Convince yourself that it is correct. You can do that by choosing (several times) some arbitrary value for x and substituting in on both sides of the equation, and seeing that both sides produce the same result. Alternatively, if you have access to a graph plotter, plot each side separately, the two graphs will be the same.

Now look at the second of the two results, the one that you label as correct, (but remember to put that negative sign in). Substitute using the relationship discussed above.
-arctan(2/exp(x))=arctan(exp(x)/2) - pi/2, (sorry, latex isn't working for me).

The pi/2 gets lumped together with the existing constant of integration, constant plus constant equals constant.
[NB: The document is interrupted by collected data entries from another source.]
//! Specifications by which streams are watched: compositions of a source, of which all is seen.

ghost use Rattle.std.specs.Prelude.{◌≡◌, ◌⊎◌, All, IfOk, IfErr, false};
ghost use Rattle.std.specs.List.{AllZip};
ghost use Rattle.ioa_tree.specs.View.{tree_of};
ghost use Rattle.ioa_tree.specs.WellFormed.{WellFormed};
ghost use Rattle.ioa_monitor.specs.Monitoring.{hides};
ghost use Rattle.ioa_request.specs.Pasted.{texts};
ghost use Rattle.ioa_serving.specs.declared.failure.Failure.{Failure};
ghost use Rattle.ioa_serving.specs.Headline.{Spells};
ghost use Rattle.ioa_serving.specs.Watching.{AreSpecified, IsFirstUnspecified, IsNoSource, IsNoSpecification, IsUnwatched, Specifies};

use crate::compile::is_object;
use crate::failure::Failure;
use ioa_check::{Checked, check};
use ioa_compile::{Program, compile};
use ioa_compose::compose;
use ioa_monitor::hides_actions;
use ioa_syntax::{Refusal, parse};
use std::alloc::Global;

/// A source, and its specifications.
#[derive(Drop)]
pub(crate) struct Specified {
    pub checked: Checked,
    pub programs: Vec<Program>,
}

/// The specifications of these names, by the bytes of a file.
///
/// # Errors
/// `SourceWanted` where the bytes are an object; `Refused` where they are no source, the source is not well formed, or it has no composition of one of the
/// names, or one that is refused; `SpecHasInternal` where not all that one does is seen; or want of memory. The first of the names that is no
/// specification's is told.
pub(crate) fn specified_in(
    alloc: Global,
    text: &[u8],
    compositions: &[&str],
) -> Result<Specified, Failure>
    ensures specified { IfOk result (λ s. AreSpecified text.now (texts compositions.now) (tree_of s.checked) s.programs.items) }
    ensures open { IfOk result (λ s. All (λ p. hides p ≡ false) s.programs.items) }
    ensures refused { IfErr result (λ e. IsUnwatched text.now (texts compositions.now) e) }
{
    if is_object(text) {
        return Err(Failure::SourceWanted);
    }
    let checked = checked_source(alloc, text)?;
    let programs = specifications(alloc, &checked, compositions)?;
    Ok(Specified { checked, programs })
}

/// A source that is given as a text, checked.
pub(crate) fn checked_source(alloc: Global, text: &[u8]) -> Result<Checked, Refusal>
    ensures spelled { IfOk result (λ c. Spells text.now (tree_of c)) }
    ensures well_formed { IfOk result (λ c. WellFormed (tree_of c)) }
    ensures refused { IfErr result (λ r. IsNoSource text.now r) }
{
    let source = parse(alloc, text)?;
    let checked = check(alloc, source)?;
    Ok(checked)
}

/// The programs of the compositions of these names, in their order.
pub(crate) fn specifications(
    alloc: Global,
    checked: &Checked,
    compositions: &[&str],
) -> Result<Vec<Program>, Failure>
    ensures specify { IfOk result (λ programs. AllZip (Specifies (tree_of checked.now)) (texts compositions.now) programs.items) }
    ensures open { IfOk result (λ programs. All (λ p. hides p ≡ false) programs.items) }
    ensures refused { IfErr result (λ e. (IsFirstUnspecified (tree_of checked.now) (texts compositions.now) e) ⊎ (e ≡ Failure.OutOfMemory)) }
{
    let mut programs = Vec::new(alloc);
    for composition in compositions {
        let program = specification(alloc, checked, composition)?;
        programs.push(program)?;
    }
    Ok(programs)
}

/// The program of the composition of this name.
fn specification(alloc: Global, checked: &Checked, composition: &str) -> Result<Program, Failure>
    ensures specifies { IfOk result (λ p. Specifies (tree_of checked.now) composition.now p) }
    ensures open { IfOk result (λ p. hides p ≡ false) }
    ensures refused { IfErr result (λ e. IsNoSpecification (tree_of checked.now) composition.now e) }
{
    let composed = compose(alloc, checked, Some(composition))?;
    let program = compile(alloc, &composed)?;
    if hides_actions(&program) {
        return Err(Failure::SpecHasInternal);
    }
    Ok(program)
}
You finish up with your first result, (which is simply an alternative form for the result and is as equally correct as the other).
• Feb 10th 2014, 09:07 AM
Tclack
Re: Simple Trig substitution; find my error
I understand now. I took the derivative of both sides on the first picture (after the negative was put in) and got back to the original problem. Thank you for your patience Bob.